▶ _TASK DESCRIPTION_: In the material below, find each line with the word "IsTrue" and copy it.

▶ _SOURCE MATERIAL_:
//! Trying one change of a record.
ghost use Rattle.std.specs.Prelude.{◌≡◌, ◌↔◌, ◌≤◌, ℕ, Some, IsTrue, IsFalse, IfOk, OnOk};
ghost use Rattle.game_turns.specs.Machines.{rules_of};
ghost use Rattle.game_walk.specs.Walks.{IsWalkOf};
ghost use Rattle.repair_single.specs.Remaining.{AreFewer};
ghost use Rattle.repair_single.specs.Trying.{NoneFrom, NoneReported, StandsBefore, IsWeight};
ghost use Rattle.repair_single.specs.FirstSteps.{AreFirstSteps};
ghost use Rattle.repair_single.specs.RackStops.{IsStop};
ghost use Rattle.repair_single.specs.Weighers.{wrong_by};

use crate::correcting::corrected;
use crate::counting::{after_event, after_rows};
use crate::first_steps::FirstSteps;
use crate::had::{Had, line_at};
use crate::mending::mend;
use crate::missing::{is_missing_at, missing_place};
use crate::nearby::fails_nearby;
use crate::rack_stops::{RackStop, are_stopped, first_steps};
use crate::remaining::what_remains;
use crate::remains::Remains;
use crate::rooms::is_full;
use crate::standing::{game_before, start_of};
use crate::steps::spend;
use crate::weighers::Weigher;
use game_turns::{Machine, law_of_tallies};
use game_walk::Walk;
use gcg_read::{Event, Events};
use lex_list::WordList;
use ref_tiles::Rules;
use repair_changes::{Change, apply, law_of_changes};
use std::alloc::{AllocError, Global};

/// How often the record is gone over to weigh a change: to correct it, and to see which numbers and words stay wrong.
const TIMES_WEIGHED: usize = 3;

/// About as often as it takes as long to look for a deal.
const TIMES_SETTLED: usize = 20;

/// About how many events are gone over near a change; where the racks of a record stop, their bounds are looked at too.
fn nearby_steps(stop: &Option<RackStop>) -> usize {
    match stop {
        Some(stop) => stop.end / 8 + 8,
        None => 8,
    }
}

/// Goes on from a place with a machine that is before it, gives each event its right numbers, and adds the steps that come next. It is
/// false if an event is refused whatever its numbers are, and if more numbers and words are wrong from there on than there is room for.
///
/// It fails only if memory runs out.
fn goes_on(
    game: &Machine,
    events: &mut Events,
    start: usize,
    list: &WordList,
    missing: Option<usize>,
    room: Option<usize>,
    first: &mut FirstSteps,
    spent: &mut u64,
) -> Result<bool, AllocError>
    requires game { StandsBefore (rules_of game.now) list.now events.old start game.now }
    requires missing { (k : ℕ) → missing ≡ Some k → start ≤ k }
    requires first { AreFirstSteps (rules_of game.now) list.now events.old first.old.steps.items }
    ensures none { IfOk result (λ b. IsFalse b → NoneFrom (rules_of game.now) list.now events.old start missing room) }
    ensures first { OnOk result (AreFirstSteps (rules_of game.now) list.now events.old first.new.steps.items) }
{
    law_of_tallies();
    if start > events.len() {
        return Ok(true);
    }
    let mut machine = game.copy();
    let mut had = Had::after(&events.as_slice()[..start]);
    let mut room = room;
    for place in start..events.len() {
        if is_full(room) {
            return Ok(false);
        }
        spend(spent, 1);
        first.note(&machine, events.as_slice(), place)?;
        let written = line_at(events, place);
        if mend(&mut machine, events, place, list).is_err() {
            return Ok(false);
        }
        let right = line_at(events, place);
        let numbers = had.note(&written, &right, is_missing_at(missing, place));
        room = after_event(room, list, &machine, numbers);
    }
    Ok(!is_full(room))
}

/// Whether a change may be a repair. It is false only if with it the record has no correction that a record can write, or none that is a
/// game, or too many numbers and words stay wrong.
///
/// It fails only if memory runs out.
fn may_be_reported(
    alloc: Global,
    rules: &Rules,
    list: &WordList,
    walk: &Walk,
    events: &[Event],
    below: Option<usize>,
    stop: &Option<RackStop>,
    change: &Change,
    spent: &mut u64,
) -> Result<bool, AllocError>
    requires walk { IsWalkOf rules.now list.now events.now walk.now }
    requires stop { IsStop rules.now list.now events.now stop.now }
    ensures { IfOk result (λ b. IsFalse b → NoneReported rules.now list.now events.now below change.now) }
{
    law_of_changes();
    let mut changed = apply(alloc, change, events)?;
    let missing = missing_place(change);
    let start = start_of(events, changed.as_slice(), change.place);
    let rows = walk.rows.as_slice();
    if start > events.len() || start > changed.len() || start > rows.len() {
        return Ok(true);
    }
    let room = after_rows(below, list, events, rows, start);
    let Some(game) = game_before(walk, start) else {
        return Ok(true);
    };
    let mut first = first_steps(alloc, stop, start)?;
    if !goes_on(
        game,
        &mut changed,
        start,
        list,
        missing,
        room,
        &mut first,
        spent,
    )? {
        return Ok(false);
    }
    Ok(!are_stopped(rules, stop, first.steps.as_slice()))
}

/// Whether `many` are few enough.
fn are_fewer(below: Option<usize>, many: u128) -> bool
    ensures { IsTrue result ↔ AreFewer below many }
{
    match below {
        Some(below) => many < below as u128,
        None => true,
    }
}

/// About how many events are gone over to look for a deal: none if so much stays wrong that none is looked for. On a draft they are counted for each change.
fn deal_steps(
    weigher: &Weigher,
    below: Option<usize>,
    remaining: &Remains,
    events: usize,
) -> usize {
    match weigher {
        Weigher::Sheet if !are_fewer(below, remaining.many()) => 0,
        _ => events.saturating_mul(TIMES_SETTLED),
    }
}

/// What a change costs, if the record has a correction with it that a record can write, and few enough numbers and words stay wrong. None if
/// it has no such correction, or none that is a game.
///
/// It fails only if memory runs out.
#[tactic(auto, using(crate::proofs::Weighing::reported_by_none, crate::proofs::Weighing::reported_within))]
pub(crate) fn weigh(
    alloc: Global,
    rules: &Rules,
    list: &WordList,
    weigher: &Weigher,
    walk: &Walk,
    events: &[Event],
    below: Option<usize>,
    stop: &Option<RackStop>,
    change: &Change,
    spent: &mut u64,
) -> Result<Option<u128>, AllocError>
    requires walk { IsWalkOf rules.now list.now events.now walk.now }
    requires stop { IsStop rules.now list.now events.now stop.now }
    ensures { IfOk result (IsWeight (wrong_by weigher.now) rules.now list.now events.now below change.now) }
{
    spend(spent, nearby_steps(stop));
    if fails_nearby(alloc, rules, list, walk, events, stop, change)? {
        return Ok(None);
    }
    let room = weigher.room(below);
    if !may_be_reported(alloc, rules, list, walk, events, room, stop, change, spent)? {
        return Ok(None);
    }
    spend(spent, events.len().saturating_mul(TIMES_WEIGHED));
    let Some(right) = corrected(alloc, rules, list, change, events)? else {
        return Ok(None);
    };
    let remaining = what_remains(alloc, rules, list, weigher, change, events, &right)?;
    spend(spent, deal_steps(weigher, below, &remaining, events.len()));
    if !are_fewer(below, remaining.many()) {
        return Ok(None);
    }
    Ok(Some(remaining.cost(&change.slip)))
}
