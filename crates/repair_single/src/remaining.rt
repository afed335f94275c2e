//! What stays wrong with a change, compared with the right events.
ghost use Rattle.std.specs.Prelude.{◌≡◌, ◌<◌, ◌++◌, length, IfOk, OnOk, Some, None};
ghost use Rattle.gcg_read.specs.Numerals.{IsPoints};
ghost use Rattle.game_corrections.specs.WrongNumbers.{wrong_score, wrong_sum, wrong_at, wrong_lines};
ghost use Rattle.game_turns.specs.Places.{AreAllowed};
ghost use Rattle.game_turns.specs.Unlisted.{letters_in};
ghost use Rattle.repair_changes.specs.Applied.{applied};
ghost use Rattle.game_corrections.specs.Corrections.{AreRenumbered};
ghost use Rattle.repair_single.specs.Remaining.{unlisted_words, wrong_with, Remain};
ghost use Rattle.repair_single.specs.Weighers.{wrong_by};
ghost use Rattle.repair_single.specs.Trying.{IsWritable};

use crate::remains::Remains;
use crate::sheets::on_sheet;
use crate::weighers::Weigher;
use game_corrections::{WrongNumber, had_before, is_right_sum, known_total, take};
use game_turns::{Machine, SpelledWord, law_of_tallies, unlisted_of};
use gcg_read::{Event, Events};
use lex_list::WordList;
use ref_tiles::Rules;
use repair_changes::Change;
use std::alloc::{AllocError, Global};

/// Adds the score of an event, if it is not the right one.
fn push_score(wrong: &mut Vec<WrongNumber>, event: &Event, right: &Event) -> Result<(), AllocError>
    ensures { OnOk result (wrong.new.items ≡ wrong.old.items ++ wrong_score event.now right.now) }
{
    if event.score.value() != right.score.value() {
        wrong.push(WrongNumber::Score {
            line: event.line,
            written: event.score.value(),
            right: right.score.value(),
        })?;
    }
    Ok(())
}

/// Adds the total of an event, if it is neither what the player had and the score nor the right one.
fn push_sum(
    wrong: &mut Vec<WrongNumber>,
    had: i32,
    event: &Event,
    right: &Event,
) -> Result<(), AllocError>
    requires { IsPoints had }
    ensures { OnOk result (wrong.new.items ≡ wrong.old.items ++ wrong_sum had event.now (Some right.now.total)) }
{
    let due = known_total(None, right);
    if is_right_sum(event.total, had, event.score, due) {
        return Ok(());
    }
    wrong.push(WrongNumber::Sum {
        line: event.line,
        written: event.total.value(),
        sum: had + event.score.value(),
        right: due,
    })?;
    Ok(())
}

/// Adds what is wrong at a place.
fn push_wrong(
    wrong: &mut Vec<WrongNumber>,
    sheet: &[Event],
    right: &[Event],
    place: usize,
) -> Result<(), AllocError>
    requires sheet { place < length sheet.now }
    requires right { place < length right.now }
    ensures { OnOk result (wrong.new.items ≡ wrong.old.items ++ wrong_at None sheet.now right.now place) }
{
    let event = &sheet[place];
    let due = &right[place];
    push_score(wrong, event, due)?;
    push_sum(wrong, had_before(sheet, event.player, place), event, due)?;
    Ok(())
}

/// The wrong scores and sums of a sheet, compared with the right events, in the order of the sheet.
fn wrong_lines(
    alloc: Global,
    sheet: &[Event],
    right: &[Event],
) -> Result<Vec<WrongNumber>, AllocError>
    requires { length right.now ≡ length sheet.now }
    ensures { IfOk result (λ wrong. wrong.items ≡ wrong_lines None sheet.now right.now) }
{
    let mut wrong = Vec::new(alloc);
    for place in 0..sheet.len() {
        push_wrong(&mut wrong, sheet, right, place)?;
    }
    Ok(wrong)
}

/// Puts words after others.
#[tactic(auto, using(crate::proofs::Weighing::letters_joined))]
fn push_words(words: &mut Vec<SpelledWord>, mut more: Vec<SpelledWord>) -> Result<(), AllocError>
    ensures { OnOk result (letters_in words.new.items ≡ letters_in words.old.items ++ letters_in more.items) }
{
    words.append(&mut more)?;
    Ok(())
}

/// The words of a record that stand and are not in the list, if the rules allow each of its events.
pub(crate) fn unlisted_words(
    alloc: Global,
    rules: &Rules,
    list: &WordList,
    right: &Events,
) -> Result<Vec<SpelledWord>, AllocError>
    requires { AreAllowed rules.now list.now right.now }
    ensures { IfOk result (λ words. letters_in words.items ≡ unlisted_words rules.now list.now right.now) }
{
    law_of_tallies();
    let mut machine = Machine::new(rules);
    let mut words = Vec::new(alloc);
    for place in 0..right.len() {
        if take(&mut machine, right, place, list).is_err() {
            unreachable!()
        }
        let more = unlisted_of(alloc, list, machine.standing_words())?;
        push_words(&mut words, more)?;
    }
    Ok(words)
}

/// The numbers of a sheet that stay wrong with a change, compared with the right events.
pub(crate) fn wrong_with(
    alloc: Global,
    change: &Change,
    events: &[Event],
    right: &Events,
) -> Result<Vec<WrongNumber>, AllocError>
    requires { AreRenumbered (applied change.now events.now) right.now }
    ensures { IfOk result (λ wrong. wrong.items ≡ wrong_with change.now events.now right.now) }
{
    let sheet = on_sheet(alloc, change, events, right.as_slice())?;
    let wrong = wrong_lines(alloc, sheet.as_slice(), right.as_slice())?;
    Ok(wrong)
}

/// What stays wrong with a change, compared with the right events.
///
/// It fails only if memory runs out.
pub(crate) fn what_remains(
    alloc: Global,
    rules: &Rules,
    list: &WordList,
    weigher: &Weigher,
    change: &Change,
    events: &[Event],
    right: &Events,
) -> Result<Remains, AllocError>
    requires { IsWritable rules.now list.now (applied change.now events.now) right.now }
    ensures { IfOk result (Remain (wrong_by weigher.now) rules.now list.now change.now events.now right.now) }
{
    let wrong = weigher.wrong(alloc, change, events, right)?;
    let unlisted = unlisted_words(alloc, rules, list, right)?;
    Ok(Remains { wrong, unlisted })
}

▶ _REPLY_:
ghost use Rattle.std.specs.Prelude.{◌≡◌, ◌↔◌, ◌≤◌, ℕ, Some, IsTrue, IsFalse, IfOk, OnOk};
    ensures { IsTrue result ↔ AreFewer below many }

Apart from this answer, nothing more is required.